L-16215 June 29, 1963


SIMEON DEL ROSARIO, plaintiff-appellee, vs.
THE EQUITABLE INSURANCE AND CASUALTY CO., INC., defendant-
appellant.

FACTS:On February 7, 1957, the defendant, Equitable Insurance and


Casualty Co., Inc. (Equitable), issued Personal Accident Policy No. 7136
on the life of Francisco del Rosario, alias Paquito Bolero, son of herein
plaintiff-appellee, Simeon del Rosario, binding itself to pay the sum of Php
1,000.00 to Php 3,000.00, as indemnity for the death of the insured.

On February 24, 1957, the insured Francisco while on board the motor
launch "ISLAMA" together with 33 others, including his beneficiary in the
Policy, Remedios Jayme, were forced to jump off said launch on account of
fire which broke out on said vessel, resulting in the death of drowning, of the
insured and beneficiary.

The insurer, Equitable, agreed to pay Php 1,000.00 as the claim for an
accident. However, Simeon’s attorney contended that the amount should
be P1,500.00 under the provision of Section 2, part 1 of the policy, based on
the rule of pari materia as the death of the insured occurred under the
circumstances similar to that provided under the aforecited section.

The issue was resolved in the Insurance Commission, where it was held that
Section 1, under the provisions applied. (Php 1,000.00 as indemnity) The
lawyer still didn’t agree and instituted a suit.

The trail court held that the company had the discretion to pay from Php
1,000.00 to Php 3,00.000 for death by drowning since there was no fixed
amount for this type of death. The amended decision ordered the company
to pay Php 2,000.00.

ISSUE: Whether or not Equitable is liable to pay the additional Php


2,000.00.

HELD: YES. The interpretation of obscure stipulations in a contract should


not favor the party who cause the obscurity.

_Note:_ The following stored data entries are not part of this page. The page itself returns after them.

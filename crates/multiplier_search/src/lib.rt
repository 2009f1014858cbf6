// No code: the search for a check's multiplier as decoder/src/multiplier.rt makes it, its laws, and that its sums are narrow.
#![tactic(auto)]
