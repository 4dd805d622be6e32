// Trees sent as codes: a code that stands for a tree of a signature, and the reader that takes or refuses it.
#![tactic(auto)]

pub mod code;
pub mod laws;
pub mod signatures;
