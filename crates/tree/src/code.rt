// A code that stands for a tree.
ghost use Rattle.std.specs.Prelude.{◌≡◌, false, is_some};
ghost use Rattle.grammar.specs.Tables.{signature_of};
ghost use Rattle.tree.specs.Codes.{tree_fault};

use grammar::signature::SignatureTable;

mod read;

// The code of a tree of the signature: of the start category, at most 6 deep, without holes. It is read in place.
#[derive(Clone, Copy)]
pub struct TreeCode<'a> {
    signature: &'a SignatureTable,
    bytes: &'a [u8],
    ghost sound: { is_some (tree_fault (signature_of signature.now) bytes.now) ≡ false },
}
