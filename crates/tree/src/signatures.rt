// Whether two tables hold the same signature.
ghost use Rattle.std.specs.Prelude.{◌≡◌, true, false, ◌≢◌};
ghost use Rattle.grammar.specs.Tables.{signature_of};

use grammar::signature::SignatureTable;

// Whether two signatures are the same: categories, start category and functions. It is what `==` derives, written out, so that an edit can
// change what is compared. The contract says what it means of signatures.
pub fn same_signature(first: &SignatureTable, second: &SignatureTable) -> bool
    ensures same { result ≡ true → signature_of first.now ≡ signature_of second.now }
    ensures other { result ≡ false → signature_of first.now ≢ signature_of second.now }
{
    first.categories() == second.categories()
        && first.start() == second.start()
        && first.functions() == second.functions()
}
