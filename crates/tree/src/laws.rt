// The law of codes, on the contract of a function that is named for it.
ghost use Rattle.tree.specs.Laws.{FaultlessCodesAreTrees};

// A code has no fault exactly if it is the code of a tree of the start category, no deeper than allowed.
pub fn faultless_codes_are_trees()
    ensures { FaultlessCodesAreTrees }
{}
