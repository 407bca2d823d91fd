// Answers in plain numbers.
ghost use Rattle.std.specs.Prelude.{◌≡◌};
ghost use Rattle.lines.specs.ReadLine.{plain_run};

use crate::RunReply;
use generator::Generator;
use refusals::{Refusal, number};
use runs::Run;

// The run of zeros. It has no `Default`, since no call accepts it.
const NO_RUN: Run = Run {
    generator: Generator {
        width: 0,
        multiplier: 0,
        increment: 0,
        seed: 0,
    },
    first: 0,
    count: 0,
};

impl From<Result<Run, Refusal>> for RunReply {
    ghost from_gives = { λ answer r. r ≡ plain_run answer };

    fn from(answer: Result<Run, Refusal>) -> RunReply {
        match answer {
            Ok(run) => RunReply { refusal: 0, run },
            Err(refusal) => RunReply {
                refusal: number(refusal),
                run: NO_RUN,
            },
        }
    }
}
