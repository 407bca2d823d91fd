// A run as the six numbers of its line. `From` both ways would have to stand in `runs`, which knows no line.
ghost use Rattle.std.specs.Prelude.{◌≡◌, MatchOption, true, false};
ghost use Rattle.fields.specs.Line.{is_line};
ghost use Rattle.lines.specs.Line.{numbers_of, run_of};
ghost use Rattle.lines.specs.ReadLine.{run_in};

use fields::line;
use generator::Generator;
use runs::Run;

// The run of six numbers.
pub fn run_of(numbers: [u64; 6]) -> Run
    ensures { result ≡ run_of numbers }
{
    let [width, multiplier, increment, seed, first, count] = numbers;
    Run {
        generator: Generator {
            width,
            multiplier,
            increment,
            seed,
        },
        first,
        count,
    }
}

// The six numbers of a run.
pub fn numbers_of(run: Run) -> [u64; 6]
    ensures { result ≡ numbers_of run }
{
    let g = run.generator;
    [
        g.width,
        g.multiplier,
        g.increment,
        g.seed,
        run.first,
        run.count,
    ]
}

// The run of a line, accepted or not, if the bytes are a line.
pub fn line_run(bytes: &[u8]) -> Option<Run>
    ensures { MatchOption result (is_line 6 bytes.now ≡ false) (λ run. (is_line 6 bytes.now ≡ true) × (run ≡ run_in bytes.now)) }
{
    line::read_array(bytes).map(run_of)
}
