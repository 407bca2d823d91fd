// The lines of runs. `read_line` gives the run whose line some bytes are, `write_line` writes a run's line to a buffer. Both
// take any input and decline what the refusal table says. Neither searches: each looks once at the bytes of one line, of which
// an accepted one has 107 at most.
#![tactic(auto)]

ghost use Rattle.refusals.specs.Replies.{plain_value};
ghost use Rattle.lines.specs.ReadLine.{ReadPromise, plain_run};
ghost use Rattle.lines.specs.WriteLine.{WritePromise};

use fields::line;
use numbers::{line_run, numbers_of};
use refusals::Refusal;
use runs::{Run, checked};

pub mod accepted;
pub mod numbers;
pub mod plain;

// The same in plain numbers, for C: the refusal's number, 0 for none, and the run, all zeros beside a refusal.
#[repr(C)]
#[derive(Clone, Copy)]
pub struct RunReply {
    pub refusal: u64,
    pub run: Run,
}

// The run whose line the bytes are.
pub fn read_line(bytes: &[u8]) -> Result<Run, Refusal>
    ensures { ReadPromise bytes.now (plain_run result) }
{
    let Some(run) = line_run(bytes) else {
        return Err(Refusal::MalformedLine);
    };
    checked(run)?;
    Ok(run)
}

// Writes a run's line from the buffer's first byte on, and gives the number of bytes.
#[tactic(auto, using(crate::proofs::Written::write_refused, crate::proofs::Written::write_short, crate::proofs::Written::write_done), unfolding(crate::specs::WriteLine::write_refusal))]
pub fn write_line(run: Run, buffer: &mut [u8]) -> Result<u64, Refusal>
    ensures { WritePromise run buffer.old buffer.new (plain_value result) }
{
    checked(run)?;
    let numbers = numbers_of(run);
    if buffer.len() < line::length(&numbers) {
        return Err(Refusal::BufferTooShort);
    }
    Ok(line::write(buffer, &numbers) as u64)
}
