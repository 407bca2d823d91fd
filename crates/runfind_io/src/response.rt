// What the program `runfind` prints: standard input is read before, and the file if there is a question.
ghost use Rattle.std.specs.Prelude.{◌≡◌, ◌≤◌, None, length, take};
ghost use Rattle.archive_io.specs.Decision.{Answered};
ghost use Rattle.runfind_answer.specs.Decision.{asked_of, outcome_for};

use archive_io::input::{Filled, Input, fill_archive, not_read};
use notices::notice::Notice;
use runfind_answer::decision::{asked, decide};
use runfind_output::output::Outcome;
use std::rt::Files;

// What is to be printed, and what was read of the file, which the promise of `respond` speaks of.
#[derive(Clone, Copy)]
pub struct Response {
    pub outcome: Outcome,
    pub archive: Filled,
}

// The outcome for what was read of standard input. The file is opened, and read into `buf`, only if there is a question.
// `runshow_io` has a like pair: one for both would take two callees with the clauses of each, and the definitions of a question and its
// outcome, so it is no plainer than the few lines.
pub fn respond(rt: &impl Files, input: Input<'_>, buf: &mut [u8]) -> Response
    requires in_bounds { 22 ≤ input.room }
    requires in_bounds_2 { 65537 ≤ length buf.old }
    ensures answered { Answered asked_of None outcome_for input.entry.bytes.now input.entry.rest (take result.archive.n buf.new) result.archive.rest result.outcome }
    ensures room { result.archive.room ≡ length buf.new }
{
    let Some(value) = asked(input) else {
        return Response {
            outcome: Err(Notice::BadQuestion),
            archive: not_read(buf),
        };
    };
    let archive = fill_archive(rt, buf);
    let outcome = decide(value, Input::of(buf, archive));
    Response { outcome, archive }
}
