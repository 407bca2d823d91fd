// What the program `runfind` prints, by what it reads.
#![tactic(auto)]

pub mod response;
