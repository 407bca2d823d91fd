// Reading bytes that are known to be an accepted line.
ghost use Rattle.std.specs.Prelude.{◌≡◌};
ghost use Rattle.lines.specs.ReadLine.{read_of, run_in};

use crate::numbers::run_of;
use fields::line;
use runs::Run;

// The run of a line that was accepted before: neither the line nor its run is checked again. No Option as in `line_run`, so that
// there is no branch for a line that is none.
pub fn accepted_run(bytes: &[u8]) -> Run
    requires { (read_of bytes.now).refusal ≡ 0 }
    ensures { result ≡ run_in bytes.now }
{
    let mut numbers = [0; 6];
    line::read(bytes, &mut numbers);
    run_of(numbers)
}
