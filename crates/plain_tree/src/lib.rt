//! A configuration tree kept as the list of its rows, rising by path: the plain program that other trees are compared
//! with.
//!
//! Start at `PlainTree` (plain_tree.rt). Its contract is that of the trait `TreeLike` of base_kinds, in the words of
//! base_kinds/specs/Tree.antt, Parts.antt and Weights.antt. Used by script_run and program as the tree of their cores.
#![tactic(auto)]

mod plain_tree;
mod rows;
mod weights;

pub use plain_tree::PlainTree;
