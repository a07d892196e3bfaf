// Changes of a list of rows, and what a tree's operations ask of it.
ghost use Rattle.std.specs.Prelude.{◌≡◌, ◌<◌, [], ◌∷◌, ◌++◌, length, slice_index_or, IfOk, IfErr, OnOk};
ghost use Rattle.base_kinds.specs.Paths.{path_cmp};
ghost use Rattle.base_kinds.specs.Parts.{is_covered, part};
ghost use Rattle.base_kinds.specs.Tree.{set_row, set_rows, uncovered};
ghost use Rattle.base_kinds.specs.Rising.{IsRising};
ghost use Rattle.plain_tree.specs.inner.Places.{IsGap};

use base_kinds::{Copied, NoMemory, Path, Paths, Row};
use path_core::{cmp_paths, covers};
use std::alloc::Global;
use std::cmp::Ordering;

pub fn copies(alloc: Global, rows: &[Row]) -> Result<Vec<Row>, NoMemory>
    ensures { IfOk result (λ copies. copies.items ≡ rows.now) }
{
    let mut copies = Vec::with_capacity(alloc, rows.len())?;
    match put_copies(alloc, rows, &mut copies) {
        Ok(()) => Ok(copies),
        Err(NoMemory) => {
            drop(copies);
            Err(NoMemory)
        }
    }
}

fn put_copies(alloc: Global, rows: &[Row], copies: &mut Vec<Row>) -> Result<(), NoMemory>
    requires { copies.old.items ≡ [] }
    ensures { OnOk result (copies.new.items ≡ rows.now) }
{
    for row in rows {
        put_copy(alloc, row, copies)?;
    }
    Ok(())
}

/// Adds a copy of the row.
fn put_copy(alloc: Global, row: &Row, copies: &mut Vec<Row>) -> Result<(), NoMemory>
    ensures { OnOk result (copies.new.items ≡ copies.old.items ++ row.now ∷ []) }
{
    match row.copy(alloc) {
        Ok(copy) => {
            copies.push(copy)?;
            Ok(())
        }
        Err(NoMemory) => Err(NoMemory),
    }
}

/// Copies of the rows that some pattern covers.
pub fn covered(alloc: Global, rows: &[Row], patterns: &Paths) -> Result<Vec<Row>, NoMemory>
    ensures { IfOk result (λ found. found.items ≡ part patterns.now rows.now) }
{
    let mut found = Vec::new(alloc);
    match put_covered(alloc, rows, patterns, &mut found) {
        Ok(()) => Ok(found),
        Err(NoMemory) => {
            drop(found);
            Err(NoMemory)
        }
    }
}

#[tactic(auto, using(crate::proofs::Chosen::part_with, crate::proofs::Chosen::part_without))]
fn put_covered(
    alloc: Global,
    rows: &[Row],
    patterns: &Paths,
    found: &mut Vec<Row>,
) -> Result<(), NoMemory>
    requires { found.old.items ≡ [] }
    ensures { OnOk result (found.new.items ≡ part patterns.now rows.now) }
{
    for row in rows {
        if is_covered(patterns.items(), &row.path) {
            put_copy(alloc, row, found)?;
        }
    }
    Ok(())
}

fn is_covered(patterns: &[Path], path: &Path) -> bool
    ensures { result ≡ is_covered patterns.now path.now }
{
    for pattern in patterns {
        if covers(pattern, path) {
            return true;
        }
    }
    false
}

/// Removes the rows that the pattern covers.
pub fn remove_covered(tree: &mut Vec<Row>, pattern: &Path)
    requires { IsRising tree.old.items }
    ensures rows { tree.new.items ≡ uncovered pattern.now tree.old.items }
    ensures rising { IsRising tree.new.items }
{
    tree.retain(|row| !covers(pattern, &row.path));
}

/// Sets each row, in order. After want of memory the first of them are set.
pub fn put_rows(alloc: Global, tree: &mut Vec<Row>, rows: &[Row]) -> Result<(), NoMemory>
    requires { IsRising tree.old.items }
    ensures rows { OnOk result (tree.new.items ≡ set_rows rows.now tree.old.items) }
    ensures rising { IsRising tree.new.items }
{
    for row in rows {
        put_row(alloc, tree, row)?;
    }
    Ok(())
}

#[tactic(auto, using(crate::proofs::Placing::set_there, crate::proofs::Placing::set_in_gap, crate::proofs::Placing::rising_there, crate::proofs::Placing::rising_in_gap))]
fn put_row(alloc: Global, tree: &mut Vec<Row>, row: &Row) -> Result<(), NoMemory>
    requires { IsRising tree.old.items }
    ensures row { OnOk result (tree.new.items ≡ set_row row.now tree.old.items) }
    ensures rising { IsRising tree.new.items }
{
    let copy = row.copy(alloc)?;
    match place_of(tree, row) {
        Ok(place) => {
            drop(std::mem::replace(&mut tree[place], copy));
            Ok(())
        }
        Err(gap) => {
            tree.insert(gap, copy)?;
            Ok(())
        }
    }
}

/// Where the row of the same path stands, or else the gap where the row belongs.
#[tactic(auto, using(crate::proofs::Gaps::whole, crate::proofs::Gaps::before_middle, crate::proofs::Gaps::behind_middle))]
fn place_of(rows: &[Row], row: &Row) -> Result<usize, usize>
    requires { IsRising rows.now }
    ensures inside { IfOk result (λ place. place < length rows.now) }
    ensures there { IfOk result (λ place.
        path_cmp (slice_index_or rows.now place row.now).path row.now.path ≡ Ordering.Equal) }
    ensures gap { IfErr result (λ gap. IsGap row.now rows.now gap gap) }
{
    let (mut low, mut high) = (0, rows.len());
    while low < high {
        let middle = low + (high - low) / 2;
        match cmp_paths(&rows[middle].path, &row.path) {
            Ordering::Equal => return Ok(middle),
            Ordering::Less => low = middle + 1,
            Ordering::Greater => high = middle,
        }
    }
    Err(low)
}
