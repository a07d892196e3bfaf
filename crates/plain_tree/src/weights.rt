// What rows weigh. Each function adds to a sum that stops at the greatest number.
ghost use Rattle.std.specs.Prelude.{◌≡◌, ◌+◌, ◌*◌, length, sum_by};
ghost use Rattle.base_kinds.specs.Records.{counted};
ghost use Rattle.base_kinds.specs.Weights.{elem_weight, key_weight, row_weight, tree_weight, value_weight};

use base_kinds::{Elem, Keys, Path, Row, Value};

pub fn add_rows(sum: u64, rows: &[Row]) -> u64
    ensures { result ≡ counted (sum + tree_weight rows.now) }
{
    let mut whole = sum;
    for row in rows {
        whole = add_row(whole, row);
    }
    whole
}

fn add_row(sum: u64, row: &Row) -> u64
    ensures { result ≡ counted (sum + row_weight row.now) }
{
    add_value(add_path(sum.saturating_add(64), &row.path), &row.value)
}

fn add_path(sum: u64, path: &Path) -> u64
    ensures { result ≡ counted (sum + sum_by elem_weight path.now) }
{
    let mut whole = sum;
    for elem in path.items() {
        whole = add_elem(whole, elem);
    }
    whole
}

fn add_elem(sum: u64, elem: &Elem) -> u64
    ensures { result ≡ counted (sum + elem_weight elem.now) }
{
    let named = add_octets(sum.saturating_add(16), elem.name.octets());
    add_keys(named, &elem.keys)
}

fn add_keys(sum: u64, keys: &Keys) -> u64
    ensures { result ≡ counted (sum + sum_by key_weight keys.now) }
{
    let mut whole = sum;
    for key in keys.items() {
        whole = add_octets(
            add_octets(whole.saturating_add(16), key.0.octets()),
            key.1.octets(),
        );
    }
    whole
}

fn add_octets(sum: u64, octets: &[u8]) -> u64
    ensures { result ≡ counted (sum + length octets.now) }
{
    sum.saturating_add(octets.len() as u64)
}

#[cycle(values)]
#[tactic(auto, using(base_kinds::proofs::Lists::of_a_list))]
fn add_value(sum: u64, value: &Value) -> u64
    ensures { result ≡ counted (sum + value_weight value.now) }
{
    match value {
        Value::Bool(_) => sum.saturating_add(8),
        Value::Int(_) | Value::Uint(_) | Value::Dec(_, _) => sum.saturating_add(32),
        Value::Text(text) | Value::Enum(text) => add_times(sum, 2, 6, text.octets()),
        Value::Bin(octets) => add_times(sum, 8, 2, octets.items()),
        Value::List(values) => add_values(sum.saturating_add(8), values.items()),
    }
}

/// Adds this much, and so much for each octet.
fn add_times(sum: u64, base: u64, each: u64, octets: &[u8]) -> u64
    ensures { result ≡ counted (sum + (base + each * length octets.now)) }
{
    sum.saturating_add(base)
        .saturating_add(each.saturating_mul(octets.len() as u64))
}

#[cycle(values)]
fn add_values(sum: u64, values: &[Value]) -> u64
    ensures { result ≡ counted (sum + sum_by (λ value. value_weight value + 8) values.now) }
{
    let mut whole = sum;
    for value in values {
        whole = add_value(whole.saturating_add(8), value);
    }
    whole
}
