ghost use Rattle.std.specs.Prelude.{◌≡◌, []};

use crate::rows::{copies, covered, put_rows, remove_covered};
use crate::weights::add_rows;
use base_kinds::{Act, NoMemory, Op, Paths, Row, Rows, Seq, TreeLike};
use std::alloc::Global;
use std::marker::Model;

/// A tree as the list of its rows. A row is found by binary search; setting one moves the rows behind it, and a delete and
/// the choice of a part look at each row once.
#[derive(Drop)]
pub struct PlainTree {
    stored: Vec<Row>,
}

impl Model for PlainTree {
    ghost use Rattle.std.specs.Prelude.{List};
    ghost use Rattle.std.specs.Coded.{codes};
    ghost use Rattle.base_kinds.specs.contracts.value.Value as value;
    ghost use Rattle.base_kinds.specs.declared.operation.Row.{Row as TreeRow};
    ghost use Rattle.base_kinds.specs.Rising.{IsRising};

    ghost Value = { List TreeRow };

    ghost coded = { Prim.hlevel (codes, value.the_row.coded) };

    ghost view = { λ tree. tree.stored.items };

    ghost invariant = { λ tree. IsRising tree.stored.items };
}

impl PlainTree {
    /// A tree without rows. Takes no memory.
    pub fn empty(alloc: Global) -> PlainTree
        ensures { result ≡ [] }
    {
        PlainTree {
            stored: Vec::new(alloc),
        }
    }
}

impl TreeLike for PlainTree {
    ghost rows = { λ tree. tree };

    fn copy(&self, alloc: Global) -> Result<PlainTree, NoMemory> {
        Ok(PlainTree {
            stored: copies(alloc, &self.stored)?,
        })
    }

    fn apply(&mut self, alloc: Global, op: &Op) -> Result<(), NoMemory> {
        match op.act {
            Act::Delete => {
                remove_covered(&mut self.stored, &op.path);
                Ok(())
            }
            Act::Replace => {
                remove_covered(&mut self.stored, &op.path);
                put_rows(alloc, &mut self.stored, op.rows.items())
            }
            Act::Update => put_rows(alloc, &mut self.stored, op.rows.items()),
        }
    }

    fn part(&self, alloc: Global, patterns: &Paths) -> Result<Rows, NoMemory> {
        Ok(Seq::from_vec(covered(alloc, &self.stored, patterns)?))
    }

    fn count(&self) -> u64 {
        self.stored.len() as u64
    }

    fn weight(&self) -> u64 {
        add_rows(0, &self.stored)
    }
}
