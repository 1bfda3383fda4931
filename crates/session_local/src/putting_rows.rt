//! Rows of written values that are put in a temporary table.

ghost use Rattle.std.specs.Prelude.{◌≡◌, ◌≤◌, ◌+◌, ◌++◌, true, false, Some, None, OnOk, length, map, option_copied};
ghost use Rattle.jet_base.specs.Given.{given_bytes, given_is_null, given_length};
ghost use Rattle.temp_table.specs.TempColumns.{are_short};
ghost use Rattle.session_local.specs.ChangingTemps.{bytes_of_row, PutsTo};
ghost use Rattle.session_local.specs.TempCalls.{stored_row, value_refusal, values_refusal};

use arrayvec::ArrayVec;
use jet_base::{ColType, Given, Jet, OutOfMemory};
use record_edit::{fits, largest_value, stored_front};
use temp_table::{MAX_COLUMNS, TempColumn, TempFault, TempTable};

/// The stored values of a row: bytes, or None for NULL.
type RowValues<'a> = ArrayVec<Option<&'a [u8]>, MAX_COLUMNS>;

/// Puts a row of written values in a table, by way of their stored bytes. Where there is no memory the table stays.
pub(crate) fn put_values(
    table: &mut TempTable,
    bytes: &mut Vec<u8>,
    values: &[Given],
) -> Result<Jet, OutOfMemory>
    ensures { PutsTo table.old values.now result table.new }
{
    if values.len() != table.columns().len() {
        return Ok(Jet::InvalidParameter);
    }
    match values_refusal(table.columns(), values) {
        Some(refusal) => return Ok(refusal),
        None => {}
    }
    bytes.clear();
    write_stored(bytes, table.columns(), values)?;
    let mut row = RowValues::new();
    cut(&mut row, table.columns(), values, bytes.as_slice());
    match table.put(row.as_slice()) {
        Ok(()) => Ok(Jet::Success),
        Err(TempFault::TooBig) => Ok(Jet::RecordTooBig),
        Err(TempFault::Double) => Ok(Jet::KeyDuplicate),
        Err(TempFault::OutOfMemory) => Err(OutOfMemory),
    }
}

// The first refusal of a value.
fn values_refusal(columns: &[TempColumn], values: &[Given]) -> Option<Jet>
    ensures { result ≡ values_refusal columns.now values.now }
{
    match columns {
        [column, other_columns @ ..] => match values {
            [value, other_values @ ..] => match value_refusal(column.kind, value) {
                Some(refusal) => Some(refusal),
                None => values_refusal(other_columns, other_values),
            },
            [] => None,
        },
        [] => None,
    }
}

// Why a value is not stored in a column of the type.
fn value_refusal(kind: ColType, value: &Given) -> Option<Jet>
    ensures { result ≡ value_refusal kind value.now }
{
    if !fits(kind, value) {
        return Some(Jet::InvalidBufferSize);
    }
    if largest_value(kind) < written_length(value) {
        return Some(Jet::ColumnTooBig);
    }
    None
}

// How many bytes are written.
fn written_length(value: &Given) -> usize
    ensures { result ≡ given_length value.now }
{
    match value {
        Given::Null | Given::Number(_) => 0,
        Given::Bytes(bytes) => bytes.as_bytes().len(),
        Given::Fill(count, _) => *count as usize,
    }
}

// How many bytes a column of the type stores of it.
fn stored_length(kind: ColType, value: &Given) -> usize
    ensures { result ≡ length (given_bytes kind value.now) }
{
    match value {
        Given::Number(_) => largest_value(kind),
        Given::Null | Given::Bytes(_) | Given::Fill(_, _) => written_length(value),
    }
}

// Writes the stored bytes of each value behind those that stand there.
fn write_stored(
    bytes: &mut Vec<u8>,
    columns: &[TempColumn],
    values: &[Given],
) -> Result<(), OutOfMemory>
    requires short { are_short columns.now ≡ true }
    requires fit { values_refusal columns.now values.now ≡ None }
    ensures { OnOk result (bytes.new.items ≡ bytes.old.items ++ bytes_of_row (stored_row columns.now values.now)) }
{
    match columns {
        [column, other_columns @ ..] => match values {
            [value, other_values @ ..] => {
                bytes.extend_from_slice(stored_front(column.kind, value).as_slice())?;
                write_stored(bytes, other_columns, other_values)
            }
            [] => Ok(()),
        },
        [] => Ok(()),
    }
}

// Cuts the bytes into the values that they were stored of, and puts these behind those of the row.
fn cut<'a>(row: &mut RowValues<'a>, columns: &[TempColumn], values: &[Given], bytes: &'a [u8])
    requires room { length row.old.items + length columns.now ≤ MAX_COLUMNS }
    requires bytes { bytes.now ≡ bytes_of_row (stored_row columns.now values.now) }
    ensures { map option_copied row.new.items ≡ map option_copied row.old.items ++ stored_row columns.now values.now }
{
    match columns {
        [column, other_columns @ ..] => match values {
            [value, other_values @ ..] => {
                let (stored, behind) = bytes.split_at(stored_length(column.kind, value));
                row.push(if_some(value, stored));
                cut(row, other_columns, other_values, behind);
            }
            [] => {}
        },
        [] => {}
    }
}

// The stored bytes of a value, or NULL.
fn if_some<'a>(value: &Given, stored: &'a [u8]) -> Option<&'a [u8]>
    ensures { option_copied result ≡ (elim (given_is_null value.now) [ true ↦ None | false ↦ Some stored.now ]) }
{
    match value {
        Given::Null => None,
        _ => Some(stored),
    }
}
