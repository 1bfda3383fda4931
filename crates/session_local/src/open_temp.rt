//! Open temporary tables.

use jet_base::CursorId;
use temp_table::TempTable;

/// A temporary table that a session opened, and its label. A cursor may have the same one.
#[derive(Debug, Drop)]
pub struct OpenTemp {
    pub label: CursorId,
    pub table: TempTable,
}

“it has been generally held that the "terms in an insurance policy,
which are ambiguous, equivocal or uncertain . . . are to be construed
strictly against, the insurer, and liberally in favor of the insured so as
to effect the dominant purpose of indemnity or payment to the
insured, especially where a forfeiture is involved," (29 Am. Jur. 181)
and the reason for this rule is that the "insured usually has no voice in
the selection or arrangement of the words employed and that the
language of the contract is selected with great care and deliberation
by expert and legal advisers employed by, and acting exclusively in
the interest of, the insurance company" (44 C.J.S. 1174). Calanoc v.
Court of Appeals, et al., G.R. No. L-8151, Dec. 16, 1955.”

. . . . Where two interpretations, equally fair, of languages used in an


insurance policy may be made, that which allows the greater
indemnity will prevail. (L'Engel v. Scotish Union & Nat. F. Ins. Co., 48
Fla. 82, 37 So. 462, 67 LRA 581 111 Am. St. Rep. 70, 5 Ann. Cas.
749).

Trial court ruling are well considered because they are supported by
doctrines on insurance resolving cases against the party who caused the
ambiguity in the wording of the contract’s terms. This was also due to the
fact that the insured didn’t have much of a say in formulating the contract.